Wir sind im 18. Kapitel, dem letzten Kapitel, in den letzten zwanzig Versen,
Krishna, der Lehrer, sagt Arjuna:
„Höre wieder mein höchstes, das geheimste Wort,
weil ich dich herzlich liebe, werde ich dir sagen, was gut ist.“
Krishna gibt Arjuna jetzt ein Versprechen. Krishna hier identifiziert sich in seiner Gestalt als Manifestation Gottes. Er wechselt in der BhG öfters den Standpunkt, mal spricht er wie ein Freund, mal wie ein Meister, und manchmal eben als Manifestation Gottes.
Und wir können davon ausgehen, letztlich Gott liebt uns, und wir können Gott lieben.
Und wir können auch davon überzeugt sein, dass letztlich das geschieht, was gut für uns ist.
Nicht immer das, was angenehm für uns ist, aber das, was gut für uns ist.

65. Vers :
„Richte deinen Geist auf mich, sei Mir ergeben, opfere mir und verneige dich vor mir.
Du wirst zu mir gelangen. Wahrlich, ich gebe dir das Versprechen, denn du bist mir lieb.“
Das ist also jetzt wie eine Essenz der Lehren, wir können unseren Geist ganz auf Gott richten.
Wenn Krishna in diesem Vers von „Mich“ spricht, meint er nicht sich als historische Gestalt, die vielleicht vor 5000 Jahren gelebt hat, sondern als Manifestation Gottes. Vyasa, der der Autor der BhG ist, spricht göttlich inspiriert.

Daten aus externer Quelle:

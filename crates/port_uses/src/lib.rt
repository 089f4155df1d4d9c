//! Ports in use: what the owner of a port knows after calls of its own, and after a client that is
//! written for every port, at a record port and at a calibrator.
//!
//! After calls of its own the owner of a record port knows every place of the slice that it lent. After
//! a client it knows what the port means, and so the numbers taken.
#![tactic(auto)]

pub mod owner;
#[cfg(test)]
mod tests;
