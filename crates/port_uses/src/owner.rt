//! Owners of ports.
ghost use Rattle.std.specs.Prelude.{◌≡◌};
ghost use Rattle.port.specs.Calibrator.{calibration};
ghost use Rattle.port.specs.Client.{counted};
ghost use Rattle.port.specs.Meaning.{at_start, first};
ghost use Rattle.port_uses.specs.Owner.{passed, first_counted, waited, read_front};

use port::client::{count_into, read_into};
use port::{Calibrator, Port, RecordPort, SquareWave};
use procedure::Refusal;

/// Passes the first of `numbers` on to the first of `places`.
pub fn pass_first(numbers: &[i32], places: &mut [i32])
    ensures places { places.new ≡ passed numbers.now places.old }
{
    let mut port = RecordPort::new(numbers, places);
    if let Some(number) = port.get() {
        let _ = port.put(number);
    }
}

/// The same, and hands the places on.
pub fn pass_first_on<'p>(numbers: &[i32], places: &'p mut [i32]) -> &'p mut [i32]
    ensures places { result.now ≡ passed numbers.now places.old }
{
    let mut record = RecordPort::new(numbers, places);
    if let Some(number) = record.get() {
        let _ = record.put(number);
    }
    record.into_places()
}

/// How many `numbers` there are, up to `limit`, as the client puts it.
pub fn count_record(numbers: &[i32], limit: u16) -> Option<i32>
    ensures first { result ≡ first (counted limit (at_start numbers.now 1)).taken }
{
    let mut places = [0; 1];
    let mut port = RecordPort::new(numbers, &mut places);
    let _ = count_into(&mut port, limit);
    port.taken().first().copied()
}

/// How many numbers of a wave there are, up to `limit`, as the same client puts it.
pub fn count_wave(wave: SquareWave, limit: u16) -> Result<Option<i32>, Refusal>
    ensures first { result ≡ first_counted limit (calibration wave) }
{
    let mut port = Calibrator::new(wave)?;
    let _ = count_into(&mut port, limit);
    Ok(port.taken().first().copied())
}

/// Reads the front of a wave into `numbers`, and tells how many numbers waited.
pub fn read_wave(wave: SquareWave, numbers: &mut [i32]) -> Result<u32, Refusal>
    ensures waited { result ≡ waited (calibration wave) }
    ensures front { numbers.new ≡ read_front (calibration wave) numbers.old }
{
    let mut port = Calibrator::new(wave)?;
    let waiting = port.waiting();
    read_into(&mut port, numbers);
    Ok(waiting)
}
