// Reads and writes lines of a made-up format, and prints the outcomes: what a new table takes.
#![tactic(auto)]

ghost use Rattle.std.specs.Prelude.{◌≡◌, [], length, replicate, pos};
ghost use Rattle.columns.specs.Reading.{read_columns, read_part};
ghost use Rattle.columns.specs.Writing.{write_line};
ghost use Rattle.columns.specs.Table.{slots_of, ReadPart, Wrote};
ghost use Rattle.sample.specs.Format.{sample};

use columns::Refusal;
use columns::column::{
    BLANK, CLOCK, DECIMAL, GROUP, INTEGER, LETTER, Layout, NO_BRACKETS, NOT_BLANK_FIRST,
    NOT_NEGATIVE, PLACES, REQUIRED, TEXT, WIDTH,
};
use columns::reader::read_columns;
use columns::writer::write_columns;
use std::io;

// The table of specs/Format.antt.
const ROWS: [u32; 10] = [
    TEXT + 5 * WIDTH + NOT_BLANK_FIRST, // 1-5 station
    BLANK + WIDTH, // 6
    INTEGER + 4 * WIDTH + REQUIRED + YEAR, // 7-10 year
    BLANK + WIDTH, // 11
    DECIMAL + 5 * WIDTH + PLACES + AZIMUTH, // 12-16 azimuth
    LETTER + 3, // 17 T _ or blank
    LETTER + 3 * PLACES + 3, // 18 < > or blank
    TEXT + 3 * WIDTH + NO_BRACKETS, // 19-21 note
    GROUP + CLOCK, // 22-33 time
    INTEGER + 3 * WIDTH + NOT_NEGATIVE, // 34-36 count
];

// Where a range stands in the table of ranges; 0 to 2 are no spans.
const YEAR: u32 = 3;

const AZIMUTH: u32 = 5;

const RANGES: [i64; 7] = [
    0, // as held
    0, // not negative
    0, // a day
    -999, // year
    6070, 0, // azimuth x 10
    3600,
];

const LETTERS: [u8; 6] = *b"T_ <> ";

const TABLE: Layout<'static> = Layout {
    rows: &ROWS,
    ranges: &RANGES,
    letters: &LETTERS,
};

const BYTES: usize = 36;

// A record: six numbers, each with its flag, and ten bytes of text.
#[derive(Drop)]
struct Sample {
    flags: [u8; 6],
    values: [i64; 6],
    text: [u8; 10],
}

impl Sample {
    // A line read over the record. Where a column is refused, what the columns before it hold stands there.
    fn read(&mut self, line: &[u8]) -> Result<(), Refusal>
        requires { length line.now ≡ 36 }
        ensures { ReadPart (read_columns sample [] 0 line.now) (read_part sample [] 0 line.now) result self.old.flags self.new.flags self.old.values self.new.values self.old.text self.new.text }
    {
        read_columns(
            line,
            0,
            &TABLE,
            &mut self.flags,
            &mut self.values,
            &mut self.text,
        )
    }

    // The record's line over the first bytes of `out`. Nothing is changed where it is refused.
    fn write(&self, out: &mut [u8]) -> Result<(), Refusal>
        ensures { Wrote (write_line sample (slots_of self.now.flags self.now.values) self.now.text (length out.old)) result out.old out.new }
    {
        write_columns(&self.flags, &self.values, &self.text, &TABLE, BYTES, out)
    }
}

// The record with all of its numbers.
fn full(values: [i64; 6], text: [u8; 10]) -> Sample {
    Sample {
        flags: [1; 6],
        values,
        text,
    }
}

fn say_outcome(rt: &impl Print, outcome: Result<(), Refusal>) -> io::Result<()> {
    match outcome {
        Ok(()) => println!(rt; "done"),
        Err(refusal) => println!(rt; "refused {} {}", u8::from(refusal.reason), refusal.column),
    }
}

// The numbers, and `-` for one that is missing.
fn say_numbers(rt: &impl Print, record: &Sample) -> io::Result<()> {
    for (flag, v) in record.flags.iter().zip(&record.values) {
        if *flag == 0 {
            print!(rt; " -")?;
        } else {
            print!(rt; " {v}")?;
        }
    }
    Ok(())
}

// Reads a line; where it is good, writes its record again.
fn there_and_back(rt: &impl Print, line: &[u8; 36]) -> io::Result<()> {
    let mut record = Sample {
        flags: [0; 6],
        values: [0; 6],
        text: [0; 10],
    };
    let outcome = record.read(line);
    say_outcome(rt, outcome)?;
    if outcome.is_err() {
        return Ok(());
    }
    print!(rt; "  numbers")?;
    say_numbers(rt, &record)?;
    print!(rt; " text [")?;
    rt.write_all(&record.text)?;
    println!(rt; "]")?;
    print!(rt; "  written ")?;
    write_only(rt, &record)
}

// Writes a record into a place of 40 bytes and shows what the place then holds.
fn write_only(rt: &impl Print, record: &Sample) -> io::Result<()> {
    let mut out = [b'.'; 40];
    say_outcome(rt, record.write(&mut out))?;
    print!(rt; "  [")?;
    rt.write_all(&out)?;
    println!(rt; "]")
}

// Lines that are read, and then one refused for each of the reasons that a line of full length has.
const LINES: [&[u8; 36]; 11] = [
    b"ABCDE -042   2.5T<xyz07:05:09.050 12",
    b"Q     1999      _                   ",
    b"Q     1999  -0.0_ [ ]-0:-0:-0.000-00",
    b"ABCDE/-042   2.5T<xyz07:05:09.050 12",
    b" BCDE -042   2.5T<xyz07:05:09.050 12",
    b"ABCDE        2.5T<xyz07:05:09.050 12",
    b"ABCDE -042   2,5T<xyz07:05:09.050 12",
    b"ABCDE -042 400.0T<xyz07:05:09.050 12",
    b"ABCDE -042   2.5X<xyz07:05:09.050 12",
    b"ABCDE -042   2.5T<xyz24:xx:09.050 12",
    b"ABCDE -042   2.5T<xyz24:05:09.050 12",
];

// Records that are written or refused, each with all of its numbers.
const RECORDS: [([i64; 6], &[u8; 10]); 6] = [
    ([10000, 25, 7, 5, 9050, 12], b"ABCDET<xyz"),
    ([7000, 25, 7, 5, 9050, 12], b"ABCDET<xyz"),
    ([-42, -5, 7, 5, 9050, 12], b"ABCDET<xyz"),
    ([-42, 25, 7, 5, 9050, 12], b"AB]DET<xyz"),
    ([-42, 25, 7, 5, 9050, 12], b"ABCDET<[y]"),
    ([-42, 25, 7, 5, 60000, 12], b"ABCDET<xyz"),
];

fn write_some(rt: &impl Print) -> io::Result<()> {
    for (values, text) in RECORDS {
        write_only(rt, &full(values, *text))?;
    }
    // a minute is missing among the three of a time, and the year, which must be there
    let mut record = full([-42, 25, 7, 0, 9050, 12], *b"ABCDET<xyz");
    record.flags[3] = 0;
    write_only(rt, &record)?;
    let mut record = full([0, 25, 7, 5, 9050, 12], *b"ABCDET<xyz");
    record.flags[0] = 0;
    write_only(rt, &record)?;
    let mut short = [b'.'; 35];
    let record = full([-42, 25, 7, 5, 9050, 12], *b"ABCDET<xyz");
    say_outcome(rt, record.write(&mut short))
}

fn main(rt: HostRuntime) -> io::Result<()> {
    for line in LINES {
        there_and_back(&rt, line)?;
    }
    write_some(&rt)
}
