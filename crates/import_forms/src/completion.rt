//! Complete data set registrations.

ghost use Rattle.std.specs.Prelude.{◌≡◌, IfOk};
ghost use Rattle.json_read.specs.Views.{data_of};
ghost use Rattle.import_forms.specs.Bodies.{body_of, Gives};
ghost use Rattle.import_forms.specs.Completions.{completion_of, completions_of};

use crate::body::{BodyForm, read_body};
use crate::both::both;
use crate::text::{four_held_texts_in, held_text_in, truth_in};
use dh_base::items::Items;
use dh_base::memory::Memory;
use dh_changes::outcome::BodyFault;
use dh_changes::text::Text;
use json::Value;
use json_read::fault::FormFault;
use json_read::form::{ReadJson, require_object, required_list};
use std::alloc::Global;

/// A complete data set registration, as it stands in the body.
pub struct Completion {
    pub data_set: Option<Text>,
    pub period: Option<Text>,
    /// The organisation unit.
    pub unit: Option<Text>,
    /// The attribute option combination.
    pub attribute: Option<Text>,
    /// The day of the registration, by default that of the request.
    pub date: Option<Text>,
    /// Whether the set is completed; else the registration is taken away.
    pub done: bool,
}

// By hand, so that it is proved here alone and not in each crate above.
impl Drop for Completion {
    fn drop(self) {
        let Completion {
            data_set: _,
            period: _,
            unit: _,
            attribute: _,
            date: _,
            done: _,
        } = self;
    }
}

#[tactic(auto, unfolding(crate::specs::Completions::completion_of))]
fn completion_of(alloc: Global, value: &Value<'_>) -> Result<Completion, Memory>
    ensures { IfOk result (λ found. found ≡ completion_of (data_of value.now)) }
{
    let (key, date) = both(
        four_held_texts_in(
            alloc,
            value,
            "dataSet",
            "period",
            "organisationUnit",
            "attributeOptionCombo",
        ),
        held_text_in(alloc, value, "date"),
    )?;
    let ((data_set, period), (unit, attribute)) = key;
    Ok(Completion {
        data_set,
        period,
        unit,
        attribute,
        date,
        done: truth_in(value, "completed").unwrap_or(true),
    })
}

impl ReadJson for Completion {
    ghost use Rattle.import_forms.specs.Completions.{completion_form};

    ghost form = { completion_form };

    fn read(alloc: Global, value: &Value<'_>) -> Result<Completion, FormFault> {
        require_object(alloc, value)?;
        match completion_of(alloc, value) {
            Ok(found) => Ok(found),
            Err(_) => Err(FormFault::Memory),
        }
    }
}

// The registrations of a body.
struct AllCompletions;

impl BodyForm<Items<Completion>> for AllCompletions {
    ghost use Rattle.import_forms.specs.Completions.{completions_of};

    ghost meant = { λ form. completions_of };

    #[tactic(auto, unfolding(crate::specs::Completions::completions_of))]
    fn form(&self, alloc: Global, value: &Value<'_>) -> Result<Items<Completion>, FormFault> {
        require_object(alloc, value)?;
        required_list(alloc, value, "completeDataSetRegistrations")
    }
}

/// The complete data set registrations of a body. A body that isn't JSON or no object is at fault with
/// the empty path, one without the list at the list's key.
pub fn read_completions(alloc: Global, body: &[u8]) -> Result<Items<Completion>, BodyFault>
    ensures { Gives (body_of completions_of body.now) result }
{
    read_body(alloc, body, &AllCompletions)
}
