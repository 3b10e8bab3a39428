//! Enrollments, with the events that stand in them.

ghost use Rattle.std.specs.Prelude.{◌≡◌, ◌++◌, [], IfOk, OnOk, map};
ghost use Rattle.std.specs.Option.{option_or};
ghost use Rattle.std.specs.List.{flat_map};
ghost use Rattle.json_read.specs.Views.{data_of};
ghost use Rattle.json_read.specs.Given.{Gives};
ghost use Rattle.import_forms.specs.Enrollments.{enrollment_of, whole_enrollment, enrollment_parts};

use crate::both::both;
use crate::event::BundleEvent;
use crate::lists::{Inner, all_inside, append, list_at};
use crate::pair::{Pair, attributes_of};
use crate::text::{four_texts_in, text_in};
use dh_base::items::Items;
use dh_base::memory::Memory;
use json::Value;
use json_read::fault::FormFault;
use json_read::form::{ReadJson, require_object};
use std::alloc::{AllocError, Global};

/// An enrollment, as it stands in the body.
#[derive(Drop)]
pub struct BundleEnrollment {
    pub id: Option<Items<u8>>,
    /// The tracked entity, that around it where it names none.
    pub entity: Option<Items<u8>>,
    pub program: Option<Items<u8>>,
    /// The organisation unit.
    pub unit: Option<Items<u8>>,
    pub enrolled: Option<Items<u8>>,
    pub occurred: Option<Items<u8>>,
    pub status: Option<Items<u8>>,
    /// Attributes of its entity.
    pub attributes: Items<Pair>,
}

/// An enrollment with the events that stand in it.
#[derive(Drop)]
pub struct EnrollmentForm {
    pub own: BundleEnrollment,
    pub events: Items<BundleEvent>,
}

// The enrollment without its attributes.
#[tactic(auto, unfolding(crate::specs::Enrollments::enrollment_of))]
fn enrollment_of(alloc: Global, value: &Value<'_>) -> Result<BundleEnrollment, AllocError>
    ensures { IfOk result (λ own. own ≡ enrollment_of [] (data_of value.now)) }
{
    let days = both(
        text_in(alloc, value, "enrolledAt"),
        text_in(alloc, value, "occurredAt"),
    );
    let (ids, (days, status)) = both(
        four_texts_in(
            alloc,
            value,
            "enrollment",
            "trackedEntity",
            "program",
            "orgUnit",
        ),
        both(days, text_in(alloc, value, "status")),
    )?;
    let ((id, entity), (program, unit)) = ids;
    let (enrolled, occurred) = days;
    Ok(BundleEnrollment {
        id,
        entity,
        program,
        unit,
        enrolled,
        occurred,
        status,
        attributes: Items::new(alloc),
    })
}

// The enrollment with its attributes.
#[tactic(auto, unfolding(crate::specs::Enrollments::whole_enrollment, crate::specs::Enrollments::enrollment_of))]
fn whole_enrollment(alloc: Global, value: &Value<'_>) -> Result<BundleEnrollment, FormFault>
    ensures { Gives (whole_enrollment (data_of value.now)) result }
{
    let attributes = attributes_of(alloc, value)?;
    let mut own = enrollment_of(alloc, value)?;
    own.attributes = attributes;
    Ok(own)
}

/// Fills in the text of the object around where there is none of its own.
pub(crate) fn fill_in(
    alloc: Global,
    own: &mut Option<Items<u8>>,
    around: &Option<Items<u8>>,
) -> Result<(), AllocError>
    ensures { OnOk result (own.new ≡ option_or own.old around.now) }
{
    if own.is_some() {
        return Ok(());
    }
    if let Some(text) = around {
        *own = Some(Items::from(text.as_slice().to_vec(alloc)?));
    }
    Ok(())
}

impl Inner for BundleEvent {
    ghost use Rattle.import_forms.specs.Enrollments.{in_enrollment};

    ghost inside = { in_enrollment };

    fn put_inside(
        alloc: Global,
        id: &Option<Items<u8>>,
        object: BundleEvent,
    ) -> Result<BundleEvent, AllocError> {
        let mut event = object;
        match fill_in(alloc, &mut event.enrollment, id) {
            Ok(()) => Ok(event),
            Err(fault) => {
                drop(event);
                Err(fault)
            }
        }
    }
}

// The events that stand in an enrollment, and the enrollment.
fn enrollment_parts(
    alloc: Global,
    value: &Value<'_>,
) -> Result<(Items<BundleEvent>, BundleEnrollment), FormFault>
    ensures { Gives (enrollment_parts (data_of value.now)) result }
{
    both(
        list_at(alloc, value, "events"),
        whole_enrollment(alloc, value),
    )
}

impl ReadJson for EnrollmentForm {
    ghost use Rattle.import_forms.specs.Enrollments.{enrollment_form};

    ghost form = { enrollment_form };

    #[tactic(auto, unfolding(crate::specs::Enrollments::enrollment_form))]
    fn read(alloc: Global, value: &Value<'_>) -> Result<EnrollmentForm, FormFault> {
        require_object(alloc, value)?;
        let (events, own) = enrollment_parts(alloc, value)?;
        match all_inside(alloc, &own.id, events) {
            Ok(events) => Ok(EnrollmentForm { own, events }),
            Err(_) => {
                drop(own);
                Err(FormFault::Memory)
            }
        }
    }
}

/// Puts enrollments at the end of a list, and the events that stand in them at the end of another.
pub(crate) fn put_enrollments(
    forms: Items<EnrollmentForm>,
    enrollments: &mut Items<BundleEnrollment>,
    events: &mut Items<BundleEvent>,
) -> Result<(), Memory>
    ensures own { OnOk result (enrollments.new ≡ enrollments.old ++ map (λ form. form.own) forms) }
    ensures events { OnOk result (events.new ≡ events.old ++ flat_map (λ form. form.events) forms) }
{
    for form in forms.items {
        let EnrollmentForm { own, events: inner } = form;
        enrollments.push(own)?;
        append(events, inner)?;
    }
    Ok(())
}
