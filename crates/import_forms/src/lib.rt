//! The bodies of requests that bring data values, complete data set registrations and tracker bundles, as plain data.
#![tactic(auto)]

pub mod body;
mod both;
pub mod bundle;
pub mod completion;
pub mod enrollment;
pub mod entity;
pub mod event;
mod lists;
pub mod pair;
pub mod set;
pub mod text;
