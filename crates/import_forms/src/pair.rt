//! Attributes and data elements with their values, as they stand in a bundle.

ghost use Rattle.std.specs.Prelude.{◌≡◌, IfOk};
ghost use Rattle.json_read.specs.Views.{data_of};
ghost use Rattle.json_read.specs.Given.{Gives};
ghost use Rattle.import_forms.specs.Pairs.{pair_of, attributes_of, values_of};

use crate::lists::list_at;
use crate::text::{text_in, written_in};
use dh_base::items::Items;
use json::Value;
use json_read::fault::FormFault;
use json_read::form::{ReadJson, require_object};
use std::alloc::{AllocError, Global};

/// An attribute or a data element with its value, each as it stands in the body.
#[derive(Drop)]
pub struct Pair {
    /// The attribute or the data element.
    pub item: Option<Items<u8>>,
    pub value: Option<Items<u8>>,
}

/// An attribute of an entity or an enrollment.
#[derive(Drop)]
pub struct AttributePair {
    pub pair: Pair,
}

/// A data value of an event.
#[derive(Drop)]
pub struct ValuePair {
    pub pair: Pair,
}

#[tactic(auto, unfolding(crate::specs::Pairs::pair_of))]
fn pair_of(alloc: Global, key: &str, value: &Value<'_>) -> Result<Pair, AllocError>
    ensures { IfOk result (λ pair. pair ≡ pair_of key.now (data_of value.now)) }
{
    Ok(Pair {
        item: text_in(alloc, value, key)?,
        value: written_in(alloc, value, "value")?,
    })
}

impl ReadJson for AttributePair {
    ghost use Rattle.import_forms.specs.Pairs.{attribute_form};

    ghost form = { attribute_form };

    fn read(alloc: Global, value: &Value<'_>) -> Result<AttributePair, FormFault> {
        require_object(alloc, value)?;
        Ok(AttributePair {
            pair: pair_of(alloc, "attribute", value)?,
        })
    }
}

impl ReadJson for ValuePair {
    ghost use Rattle.import_forms.specs.Pairs.{value_form};

    ghost form = { value_form };

    fn read(alloc: Global, value: &Value<'_>) -> Result<ValuePair, FormFault> {
        require_object(alloc, value)?;
        Ok(ValuePair {
            pair: pair_of(alloc, "dataElement", value)?,
        })
    }
}

/// The attributes of an object.
#[tactic(auto, unfolding(crate::specs::Pairs::attributes_of))]
pub(crate) fn attributes_of(alloc: Global, value: &Value<'_>) -> Result<Items<Pair>, FormFault>
    ensures { Gives (attributes_of (data_of value.now)) result }
{
    let found: Items<AttributePair> = list_at(alloc, value, "attributes")?;
    let mut pairs = Vec::new(alloc);
    for each in found.items {
        pairs.push(each.pair)?;
    }
    Ok(Items::from(pairs))
}

/// The data values of an event.
#[tactic(auto, unfolding(crate::specs::Pairs::values_of))]
pub(crate) fn values_of(alloc: Global, value: &Value<'_>) -> Result<Items<Pair>, FormFault>
    ensures { Gives (values_of (data_of value.now)) result }
{
    let found: Items<ValuePair> = list_at(alloc, value, "dataValues")?;
    let mut pairs = Vec::new(alloc);
    for each in found.items {
        pairs.push(each.pair)?;
    }
    Ok(Items::from(pairs))
}
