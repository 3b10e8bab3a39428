//! Tracked entities, with the enrollments that stand in them.

ghost use Rattle.std.specs.Prelude.{◌≡◌, ◌++◌, [], IfOk, OnOk, map};
ghost use Rattle.std.specs.List.{flat_map};
ghost use Rattle.json_read.specs.Views.{data_of};
ghost use Rattle.json_read.specs.Given.{Gives};
ghost use Rattle.import_forms.specs.Entities.{entity_of, whole_entity, entity_parts};

use crate::both::both;
use crate::enrollment::{EnrollmentForm, fill_in};
use crate::lists::{Inner, all_inside, append, list_at};
use crate::pair::{Pair, attributes_of};
use crate::text::text_in;
use dh_base::items::Items;
use dh_base::memory::Memory;
use json::Value;
use json_read::fault::FormFault;
use json_read::form::{ReadJson, require_object};
use std::alloc::{AllocError, Global};

/// A tracked entity, as it stands in the body.
#[derive(Drop)]
pub struct BundleEntity {
    pub id: Option<Items<u8>>,
    /// The tracked entity type.
    pub kind: Option<Items<u8>>,
    /// The organisation unit.
    pub unit: Option<Items<u8>>,
    pub attributes: Items<Pair>,
}

/// A tracked entity with the enrollments that stand in it.
#[derive(Drop)]
pub struct EntityForm {
    pub own: BundleEntity,
    pub enrollments: Items<EnrollmentForm>,
}

// The entity without its attributes.
#[tactic(auto, unfolding(crate::specs::Entities::entity_of))]
fn entity_of(alloc: Global, value: &Value<'_>) -> Result<BundleEntity, AllocError>
    ensures { IfOk result (λ own. own ≡ entity_of [] (data_of value.now)) }
{
    let ids = both(
        text_in(alloc, value, "trackedEntity"),
        text_in(alloc, value, "trackedEntityType"),
    );
    let ((id, kind), unit) = both(ids, text_in(alloc, value, "orgUnit"))?;
    Ok(BundleEntity {
        id,
        kind,
        unit,
        attributes: Items::new(alloc),
    })
}

// The entity with its attributes.
#[tactic(auto, unfolding(crate::specs::Entities::whole_entity, crate::specs::Entities::entity_of))]
fn whole_entity(alloc: Global, value: &Value<'_>) -> Result<BundleEntity, FormFault>
    ensures { Gives (whole_entity (data_of value.now)) result }
{
    let attributes = attributes_of(alloc, value)?;
    let mut own = entity_of(alloc, value)?;
    own.attributes = attributes;
    Ok(own)
}

impl Inner for EnrollmentForm {
    ghost use Rattle.import_forms.specs.Entities.{in_entity};

    ghost inside = { in_entity };

    fn put_inside(
        alloc: Global,
        id: &Option<Items<u8>>,
        object: EnrollmentForm,
    ) -> Result<EnrollmentForm, AllocError> {
        let mut form = object;
        match fill_in(alloc, &mut form.own.entity, id) {
            Ok(()) => Ok(form),
            Err(fault) => {
                drop(form);
                Err(fault)
            }
        }
    }
}

// The enrollments that stand in an entity, and the entity.
fn entity_parts(
    alloc: Global,
    value: &Value<'_>,
) -> Result<(Items<EnrollmentForm>, BundleEntity), FormFault>
    ensures { Gives (entity_parts (data_of value.now)) result }
{
    both(
        list_at(alloc, value, "enrollments"),
        whole_entity(alloc, value),
    )
}

impl ReadJson for EntityForm {
    ghost use Rattle.import_forms.specs.Entities.{entity_form};

    ghost form = { entity_form };

    #[tactic(auto, unfolding(crate::specs::Entities::entity_form))]
    fn read(alloc: Global, value: &Value<'_>) -> Result<EntityForm, FormFault> {
        require_object(alloc, value)?;
        let (enrollments, own) = entity_parts(alloc, value)?;
        match all_inside(alloc, &own.id, enrollments) {
            Ok(enrollments) => Ok(EntityForm { own, enrollments }),
            Err(_) => {
                drop(own);
                Err(FormFault::Memory)
            }
        }
    }
}

/// Puts entities at the end of a list, and the enrollments that stand in them at the end of another.
pub(crate) fn put_entities(
    forms: Items<EntityForm>,
    entities: &mut Items<BundleEntity>,
    enrollments: &mut Items<EnrollmentForm>,
) -> Result<(), Memory>
    ensures own { OnOk result (entities.new ≡ entities.old ++ map (λ form. form.own) forms) }
    ensures enrollments { OnOk result (enrollments.new ≡ enrollments.old ++ flat_map (λ form. form.enrollments) forms) }
{
    for form in forms.items {
        let EntityForm {
            own,
            enrollments: inner,
        } = form;
        entities.push(own)?;
        append(enrollments, inner)?;
    }
    Ok(())
}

„Richte deinen Geist auf mich“ – also wir können unseren Geist ganz auf Gott richten,
immer wieder uns an Gott erinnern, immer wieder uns bewusst machen: ja, hinter allem steckt Gott. Sei mir ergeben, sagt er. Und wir können immer wieder sagen:
Nicht mein Wille geschehe, dein Wille geschehe.

„Opfere mir.“ Eigentlich – was eine korrektere Übersetzung wäre - : bringe alles mir dar.
Bei allem, was wir tun, können wir bewusst sagen: „Gott, das tue ich für dich.“
Wir können uns vor Gott verneigen.
Und dann verspricht uns Krishna, wenn wir eine solche Einstellung haben, dann kommen wir zu Gott.
Er sagt, ich gebe dir sogar das Versprechen aus Liebe heraus.
Er sagt dort weniger, du musst immer das 100% Richtige tun,
sondern er sagt mehr: Bringe dar, was du tust, und was auch immer du tust, tue es für Gott,
und richte deinen Geist immer wieder auf Gott aus.
Hari OM Tat Sat.

Transkription eines Kurzvortrages von Sukadev Bretz im Anschluss an die Meditation im Satsang im Haus Yoga Vidya Bad Meinberg. Mehr Yoga Vorträge als mp3.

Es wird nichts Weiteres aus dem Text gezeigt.